BEGIN
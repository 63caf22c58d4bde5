//! How a row is spelled.
#![tactic(auto, using(std::proofs::lemmas::List::append_assoc))]

ghost use Rattle.std.specs.Prelude.{◌≡◌, ◌<◌, ◌^◌, ◌∷◌, [], ◌++◌, List, ℕ, length, IfOk, OnOk};
ghost use Rattle.std.specs.List.{flat_map, AllByRecursion};
ghost use Rattle.cc_names.specs.Formed.{IsText, IsStored};
ghost use Rattle.cc_names.specs.declared.rows.Stored.TheVariants.{Here, There};
ghost use Rattle.row_form.specs.Fields.{word, long, text, list_bytes, flag, kind, type_kind, out_byte, entry, place_of, stored_bytes};
ghost use Rattle.row_form.specs.Spelled.{spelling_of, head_of, code_of, first_byte, form_of};

use crate::deed_fields::put_fields;
use cc_names::memory::NoMemory;
use cc_names::names::Name;
use cc_names::paths::Path;
use cc_names::rows::{Deed, Extent, Kind, Out, Placed, ReadOf, Row, Stored, TypeKind};
use cc_names::texts::Text;
use std::alloc::Global;

/// The spelling of a row, in time linear in it.
pub fn spell(alloc: Global, row: &Row) -> Result<Text, NoMemory>
    ensures { IfOk result (λ bytes. bytes ≡ spelling_of row.now) }
{
    let deed = row.deed();
    let mut out = Vec::new(alloc);
    put_head(&mut out, row)?;
    out.push(code_of(deed))?;
    put_fields(&mut out, deed)?;
    Ok(Text::of(out))
}

/// What a row has before its deed's code: the first byte, the tag and the moment.
pub(crate) fn put_head(out: &mut Vec<u8>, row: &Row) -> Result<(), NoMemory>
    ensures { OnOk result (out.new.items ≡ out.old.items ++ head_of row.now) }
{
    let tag = row.tag();
    out.push(first_byte(row.deed()))?;
    put_word(out, tag.phase)?;
    put_word(out, tag.lane)?;
    put_word(out, tag.command)?;
    put_long(out, row.moment())
}

/// The first byte of a publish with these targets.
pub(crate) fn form_of(targets: &[Path]) -> u8
    ensures { result ≡ form_of targets.now }
{
    match targets {
        [_, _, ..] => 2,
        _ => 1,
    }
}

fn first_byte(deed: &Deed) -> u8
    ensures { result ≡ first_byte deed.now }
{
    match deed {
        Deed::Publish {
            view: _,
            targets,
            script: _,
            entries: _,
            outputs: _,
        } => form_of(targets.as_slice()),
        Deed::PublishAt {
            view: _,
            targets,
            script: _,
            entries: _,
            outputs: _,
        } => form_of(targets.as_slice()),
        _ => 1,
    }
}

fn code_of(deed: &Deed) -> u8
    ensures { result ≡ code_of deed.now }
{
    match deed {
        Deed::Mkview { .. } => 1,
        Deed::Rmview { .. } => 2,
        Deed::Setcs { .. } => 3,
        Deed::Mkelem { .. } => 4,
        Deed::Checkout { .. } => 5,
        Deed::Branch { .. } => 6,
        Deed::Save { .. } => 7,
        Deed::Checkin { .. } => 8,
        Deed::Uncheckout { .. } => 9,
        Deed::Rmname { .. } => 10,
        Deed::Mv { .. } => 11,
        Deed::Put { .. } => 12,
        Deed::Rm { .. } => 13,
        Deed::Mktype { .. } => 14,
        Deed::Label { .. } => 15,
        Deed::Unlabel { .. } => 16,
        Deed::Publish { .. } => 17,
        Deed::Wink { .. } => 18,
        Deed::Drop { .. } => 19,
        Deed::Scrub { .. } => 20,
        Deed::Labels { .. } => 21,
        Deed::Arrow { .. } => 22,
        Deed::PublishAt { .. } => 23,
    }
}

pub(crate) fn put_word(out: &mut Vec<u8>, number: u32) -> Result<(), NoMemory>
    ensures { OnOk result (out.new.items ≡ out.old.items ++ word number) }
{
    out.extend_from_slice(&number.to_le_bytes())?;
    Ok(())
}

pub(crate) fn put_long(out: &mut Vec<u8>, number: u64) -> Result<(), NoMemory>
    ensures { OnOk result (out.new.items ≡ out.old.items ++ long number) }
{
    out.extend_from_slice(&number.to_le_bytes())?;
    Ok(())
}

fn put_byte(out: &mut Vec<u8>, byte: u8) -> Result<(), NoMemory>
    ensures { OnOk result (out.new.items ≡ out.old.items ++ byte ∷ []) }
{
    out.push(byte)?;
    Ok(())
}

fn put_text(out: &mut Vec<u8>, bytes: &[u8]) -> Result<(), NoMemory>
    requires { length bytes.now < 2 ^ 32 }
    ensures { OnOk result (out.new.items ≡ out.old.items ++ text bytes.now) }
{
    put_word(out, bytes.len() as u32)?;
    out.extend_from_slice(bytes)?;
    Ok(())
}

pub(crate) fn put_body(out: &mut Vec<u8>, body: &Text) -> Result<(), NoMemory>
    requires { IsText body.now }
    ensures { OnOk result (out.new.items ≡ out.old.items ++ text body.now) }
{
    put_text(out, body.as_bytes())
}

pub(crate) fn put_name(out: &mut Vec<u8>, name: &Name) -> Result<(), NoMemory>
    ensures { OnOk result (out.new.items ≡ out.old.items ++ text name.now) }
{
    put_text(out, name.as_bytes())
}

pub(crate) fn put_path(out: &mut Vec<u8>, path: &Path) -> Result<(), NoMemory>
    ensures { OnOk result (out.new.items ≡ out.old.items ++ text path.now) }
{
    put_text(out, path.as_bytes())
}

pub(crate) fn put_flag(out: &mut Vec<u8>, is: bool) -> Result<(), NoMemory>
    ensures { OnOk result (out.new.items ≡ out.old.items ++ flag is) }
{
    if is {
        put_byte(out, 1)
    } else {
        put_byte(out, 0)
    }
}

pub(crate) fn put_kind(out: &mut Vec<u8>, sort: Kind) -> Result<(), NoMemory>
    ensures { OnOk result (out.new.items ≡ out.old.items ++ kind sort) }
{
    match sort {
        Kind::File => put_byte(out, 1),
        Kind::Directory => put_byte(out, 2),
    }
}

pub(crate) fn put_type_kind(out: &mut Vec<u8>, sort: TypeKind) -> Result<(), NoMemory>
    ensures { OnOk result (out.new.items ≡ out.old.items ++ type_kind sort) }
{
    match sort {
        TypeKind::Label => put_byte(out, 1),
        TypeKind::Branch => put_byte(out, 2),
    }
}

pub(crate) fn put_out(out: &mut Vec<u8>, how: Out) -> Result<(), NoMemory>
    ensures { OnOk result (out.new.items ≡ out.old.items ++ out_byte how) }
{
    match how {
        Out::No => put_byte(out, 0),
        Out::Reserved => put_byte(out, 1),
        Out::Unreserved => put_byte(out, 2),
    }
}

/// A member of a list, as it is spelled.
pub(crate) trait Put {
    ghost spelling_of: { Self → List ℕ };

    ghost fits: { Self → Type 0 };

    fn put(&self, out: &mut Vec<u8>) -> Result<(), NoMemory>
        requires { fits self.now }
        ensures { OnOk result (out.new.items ≡ out.old.items ++ spelling_of self.now) };
}

impl Put for Path {
    ghost spelling_of = { text };

    ghost fits = { λ path. Unit {0} };

    fn put(&self, out: &mut Vec<u8>) -> Result<(), NoMemory> {
        put_path(out, self)
    }
}

impl Put for Text {
    ghost spelling_of = { text };

    ghost fits = { IsText };

    fn put(&self, out: &mut Vec<u8>) -> Result<(), NoMemory> {
        put_text(out, self.as_bytes())
    }
}

impl Put for ReadOf {
    ghost spelling_of = { entry };

    ghost fits = { λ read. Unit {0} };

    fn put(&self, out: &mut Vec<u8>) -> Result<(), NoMemory> {
        put_path(out, &self.path)?;
        put_long(out, self.row)
    }
}

impl Put for u64 {
    ghost spelling_of = { long };

    ghost fits = { λ number. Unit {0} };

    fn put(&self, out: &mut Vec<u8>) -> Result<(), NoMemory> {
        put_long(out, *self)
    }
}

impl Put for Placed {
    ghost spelling_of = { place_of };

    ghost fits = { λ placed. Unit {0} };

    fn put(&self, out: &mut Vec<u8>) -> Result<(), NoMemory> {
        put_pair(out, self.element, self.version)
    }
}

pub(crate) fn put_pair(out: &mut Vec<u8>, first: u64, second: u64) -> Result<(), NoMemory>
    ensures { OnOk result (out.new.items ≡ out.old.items ++ (long first ++ long second)) }
{
    put_long(out, first)?;
    put_long(out, second)
}

/// An output that is in the row itself.
pub(crate) fn put_here(out: &mut Vec<u8>, output: &Text) -> Result<(), NoMemory>
    requires { IsText output.now }
    ensures { OnOk result (out.new.items ≡ out.old.items ++ stored_bytes (Here output.now)) }
{
    put_byte(out, 0)?;
    put_body(out, output)
}

/// An output that has this extent.
pub(crate) fn put_there(out: &mut Vec<u8>, extent: Extent) -> Result<(), NoMemory>
    ensures { OnOk result (out.new.items ≡ out.old.items ++ stored_bytes (There extent)) }
{
    put_byte(out, 1)?;
    put_pair(out, extent.place, extent.length)
}

impl Put for Stored {
    ghost spelling_of = { stored_bytes };

    ghost fits = { IsStored };

    fn put(&self, out: &mut Vec<u8>) -> Result<(), NoMemory> {
        match self {
            Stored::Here(output) => put_here(out, output),
            Stored::There(extent) => put_there(out, *extent),
        }
    }
}

pub(crate) fn put_list<M: Put>(out: &mut Vec<u8>, members: &[M]) -> Result<(), NoMemory>
    requires short { length members.now < 2 ^ 32 }
    requires fit { AllByRecursion M.fits members.now }
    ensures { OnOk result (out.new.items ≡ out.old.items ++ list_bytes M.spelling_of members.now) }
{
    put_word(out, members.len() as u32)?;
    for member in members {
        member.put(out)?;
    }
    Ok(())
}

pub(crate) fn put_two(out: &mut Vec<u8>, name: &Name, number: u64) -> Result<(), NoMemory>
    ensures { OnOk result (out.new.items ≡ out.old.items ++ (text name.now ++ long number)) }
{
    put_name(out, name)?;
    put_long(out, number)
}

pub(crate) fn put_three(
    out: &mut Vec<u8>,
    name: &Name,
    first: u64,
    second: u64,
) -> Result<(), NoMemory>
    ensures { OnOk result
        (out.new.items ≡ out.old.items ++ (text name.now ++ (long first ++ long second))) }
{
    put_name(out, name)?;
    put_pair(out, first, second)
}

pub(crate) fn put_object(
    out: &mut Vec<u8>,
    view: &Name,
    targets: &[Path],
    script: &Text,
    entries: &[ReadOf],
) -> Result<(), NoMemory>
    requires targets { length targets.now < 2 ^ 32 }
    requires script { IsText script.now }
    requires entries { length entries.now < 2 ^ 32 }
    ensures { OnOk result
        (out.new.items
        ≡ out.old.items
        ++ (text view.now
        ++ (list_bytes text targets.now ++ (text script.now ++ list_bytes entry entries.now)))) }
{
    put_name(out, view)?;
    put_list(out, targets)?;
    put_text(out, script.as_bytes())?;
    put_list(out, entries)
}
END
### YOUR ASSIGNMENT:
Read the lines above. Gather those in which the string "IsStored" is found.

### RESPONSE:
ghost use Rattle.cc_names.specs.Formed.{IsText, IsStored};
    ghost fits = { IsStored };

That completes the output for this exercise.